(Saved entries)
'''

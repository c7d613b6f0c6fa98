// The room that the work is done in.
ghost use Rattle.std.specs.Prelude.{◌≡◌, ◌++◌, ◌*◌, ◌≤◌, length, drop};

/// The work on equations, in lent slices.
#[derive(Drop)]
pub struct Elimination<'a> {
    /// A row for each unknown, end to end.
    pub table: &'a mut [i32],
    /// What remains of the equation that is worked on.
    pub equation: &'a mut [i32],
    /// Its quotients.
    pub quotients: &'a mut [i32],
    /// The sums that replace an equation's unknowns by their rows.
    pub sums: &'a mut [i64],
    /// How many columns are unknowns', used or not.
    pub unknown_columns: usize,
    /// How many unknowns are in use: V.
    pub unknowns: usize,
    ghost columns: { unknown_columns ≤ length equation.now },
    ghost word: { unknown_columns ≤ 64 },
    ghost rows: { length table.now ≡ unknowns * length equation.now },
    ghost quotients_room: { length quotients.now ≡ length equation.now },
}

// A method for each slice: of one that lies in a struct's struct, a proof keeps nothing where the outer struct lends it.
impl Elimination<'_> {
    /// The front of `to` becomes the table; the rest stays.
    pub fn write_table(&self, to: &mut [i32])
        requires { length self.now.table.now ≤ length to.old }
        ensures { to.new ≡ self.now.table.now ++ drop (length self.now.table.now) to.old }
    {
        row::change::copy(self.table, to);
    }

    /// The front of `to` becomes what remains of the equation; the rest stays.
    pub fn write_equation(&self, to: &mut [i32])
        requires { length self.now.equation.now ≤ length to.old }
        ensures { to.new ≡ self.now.equation.now ++ drop (length self.now.equation.now) to.old }
    {
        row::change::copy(self.equation, to);
    }
}
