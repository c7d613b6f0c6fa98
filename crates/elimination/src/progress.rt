// How far the work is, and what ends it.
ghost use Rattle.std.specs.Prelude.{◌≡◌, ◌+◌, ◌<◌, ◌^◌};
ghost use Rattle.whole.specs.Word.{first_set};
ghost use Rattle.elimination.specs.declared.progress.Stop.TheVariants.{Wide};

use whole::number::PastLimit;

/// How far the work is: the rounds so far, and the word in which bit j is 1 exactly when unknown j is still free.
#[derive(Clone, Copy, Debug, PartialEq, Eq)]
pub struct Progress {
    pub rounds: u32,
    pub free: u64,
}

impl Progress {
    /// No round yet, and the first `unknowns` bits set.
    pub fn start(unknowns: usize) -> Progress
        requires { unknowns < 64 }
        ensures { (result.rounds ≡ 0) × (result.free ≡ first_set unknowns) }
    {
        Progress {
            rounds: 0,
            free: whole::word::first(unknowns),
        }
    }

    /// One round more, with the word that it leaves.
    pub fn after_round(self, free: u64) -> Progress
        requires { self.rounds + 1 < 2 ^ 32 }
        ensures { (result.rounds ≡ self.rounds + 1) × (result.free ≡ free) }
    {
        Progress {
            rounds: self.rounds + 1,
            free,
        }
    }
}

/// Why an equation ends the work.
#[derive(Clone, Copy, Debug, PartialEq, Eq)]
pub enum Stop {
    /// No units agree.
    Clash,
    /// A number passed the limit.
    Wide,
}

impl From<PastLimit> for Stop {
    ghost from_gives = { λ _ stop. stop ≡ Wide };

    fn from(_past: PastLimit) -> Stop {
        Stop::Wide
    }
}

/// What ended the work, and the place of the equation at which it did.
#[derive(Clone, Copy, Debug, PartialEq, Eq)]
pub struct Stopped {
    pub why: Stop,
    pub at: usize,
}
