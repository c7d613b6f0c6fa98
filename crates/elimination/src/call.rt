// The elimination as other bench tools call it.
ghost use Rattle.std.specs.Prelude.{◌≡◌, ◌*◌, ◌≤◌, length};
ghost use Rattle.whole.specs.Division.{quotient};
ghost use Rattle.elimination_rules.specs.Equation.{eliminate as rule_eliminate};
ghost use Rattle.elimination_rules.specs.Call.{fuel, on_verdict, eliminated};
ghost use Rattle.elimination.specs.Room.{Lined, SameRoom};
ghost use Rattle.elimination.specs.Refusals.{number_of, place_of, stopped_number, stopped_place};
ghost use Rattle.elimination.specs.Views.{verdict_of};
ghost use Rattle.elimination.specs.Heard.{answer_of};

use crate::progress::{Progress, Stopped};
use crate::refusal::Refusal;
use crate::room::Elimination;

/// Columns of unknowns, used or not.
const UNKNOWN_COLUMNS: usize = 24;
/// Columns of a row.
const COLUMNS: usize = 32;
/// Numbers of a table that has a row for each column of unknowns.
const TABLE_LENGTH: usize = UNKNOWN_COLUMNS * COLUMNS;

/// The front of the caller's table takes the rows of the own table, where they are accepted.
pub fn publish(
    verdict: Result<Progress, Stopped>,
    own: &[i32],
    table: &mut [i32],
) -> Result<Progress, Stopped>
    requires { length own.now ≤ length table.old }
    ensures { on_verdict table.old (verdict_of verdict own.now) ≡ answer_of stopped_number stopped_place result table.new }
{
    let done = verdict?;
    row::change::copy(own, table);
    Ok(done)
}

impl Elimination<'_> {
    /// The equations in order, and the caller's table written where they are accepted.
    pub fn work(&mut self, es: &[i32], count: usize, table: &mut [i32]) -> Result<Progress, Stopped>
        requires { Lined self.old es.now count × (self.old.unknowns * length self.old.equation.now ≤ length table.old) }
        ensures answer { on_verdict table.old (rule_eliminate quotient fuel self.old.unknown_columns self.old.unknowns (length self.old.equation.now) count es.now) ≡ answer_of stopped_number stopped_place result table.new }
        ensures room { SameRoom self.old self.new }
    {
        let verdict = self.each(es, count);
        publish(verdict, self.table, table)
    }
}

/// The work with an own table and sums that are lent, and with the rest of the room. Never inlined: LLVM would see that these two are
/// apart, and add up by twos, for which the machine has no product.
#[inline(never)]
fn work_in(
    own: &mut [i32],
    sums: &mut [i64],
    v: usize,
    es: &[i32],
    count: usize,
    table: &mut [i32],
) -> Result<Progress, Stopped>
    requires { (length own.old ≡ 32 * v) × (length sums.old ≡ 32) × (v ≤ 24) × (32 * v ≤ length table.old) × (length es.now ≡ count * 32) }
    ensures { on_verdict table.old (rule_eliminate quotient fuel 24 v 32 count es.now) ≡ answer_of stopped_number stopped_place result table.new }
{
    let mut equation = [0i32; COLUMNS];
    let mut quotients = [0i32; COLUMNS];
    let mut elimination = Elimination {
        table: own,
        equation: &mut equation,
        quotients: &mut quotients,
        sums,
        unknown_columns: UNKNOWN_COLUMNS,
        unknowns: v,
    };
    elimination.work(es, count, table)
}

/// Owns the room: fixed memory, as firmware has it. The owner of a sheet's room is in crate `sheet`: this crate knows no sheets.
fn owner(v: usize, es: &[i32], count: usize, table: &mut [i32]) -> Result<Progress, Stopped>
    requires { (v ≤ 24) × (32 * v ≤ length table.old) × (length es.now ≡ count * 32) }
    ensures { on_verdict table.old (rule_eliminate quotient fuel 24 v 32 count es.now) ≡ answer_of stopped_number stopped_place result table.new }
{
    let mut own = [0i32; TABLE_LENGTH];
    let mut sums = [0i64; COLUMNS];
    work_in(&mut own[..COLUMNS * v], &mut sums, v, es, count, table)
}

/// V, equations of 32 numbers end to end, and a lent table of at least 32V numbers.
pub fn eliminate(v: usize, numbers: &[i32], table: &mut [i32]) -> Result<Progress, Refusal>
    ensures { eliminated v numbers.now table.old ≡ answer_of number_of place_of result table.new }
{
    if UNKNOWN_COLUMNS < v {
        return Err(Refusal::TooManyUnknowns);
    }
    if numbers.len() % COLUMNS != 0 {
        return Err(Refusal::UnevenLength);
    }
    let count = numbers.len() / COLUMNS;
    if let Some(equation) = crate::columns::first_used(
        numbers,
        COLUMNS,
        UNKNOWN_COLUMNS,
        v,
        count,
    ) {
        return Err(Refusal::UnusedColumn(equation));
    }
    if table.len() < COLUMNS * v {
        return Err(Refusal::TableTooShort);
    }
    Ok(owner(v, numbers, count, table)?)
}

'''

Try it:
Could you retype exactly the lines from the first one of the records through the line containing "length self.now.table.now ≤", both included, and nothing more?

Reply to the task:
repository c7d613b6f0c6fa98
// The room that the work is done in.
ghost use Rattle.std.specs.Prelude.{◌≡◌, ◌++◌, ◌*◌, ◌≤◌, length, drop};

/// The work on equations, in lent slices.
#[derive(Drop)]
pub struct Elimination<'a> {
    /// A row for each unknown, end to end.
    pub table: &'a mut [i32],
    /// What remains of the equation that is worked on.
    pub equation: &'a mut [i32],
    /// Its quotients.
    pub quotients: &'a mut [i32],
    /// The sums that replace an equation's unknowns by their rows.
    pub sums: &'a mut [i64],
    /// How many columns are unknowns', used or not.
    pub unknown_columns: usize,
    /// How many unknowns are in use: V.
    pub unknowns: usize,
    ghost columns: { unknown_columns ≤ length equation.now },
    ghost word: { unknown_columns ≤ 64 },
    ghost rows: { length table.now ≡ unknowns * length equation.now },
    ghost quotients_room: { length quotients.now ≡ length equation.now },
}

// A method for each slice: of one that lies in a struct's struct, a proof keeps nothing where the outer struct lends it.
impl Elimination<'_> {
    /// The front of `to` becomes the table; the rest stays.
    pub fn write_table(&self, to: &mut [i32])
        requires { length self.now.table.now ≤ length to.old }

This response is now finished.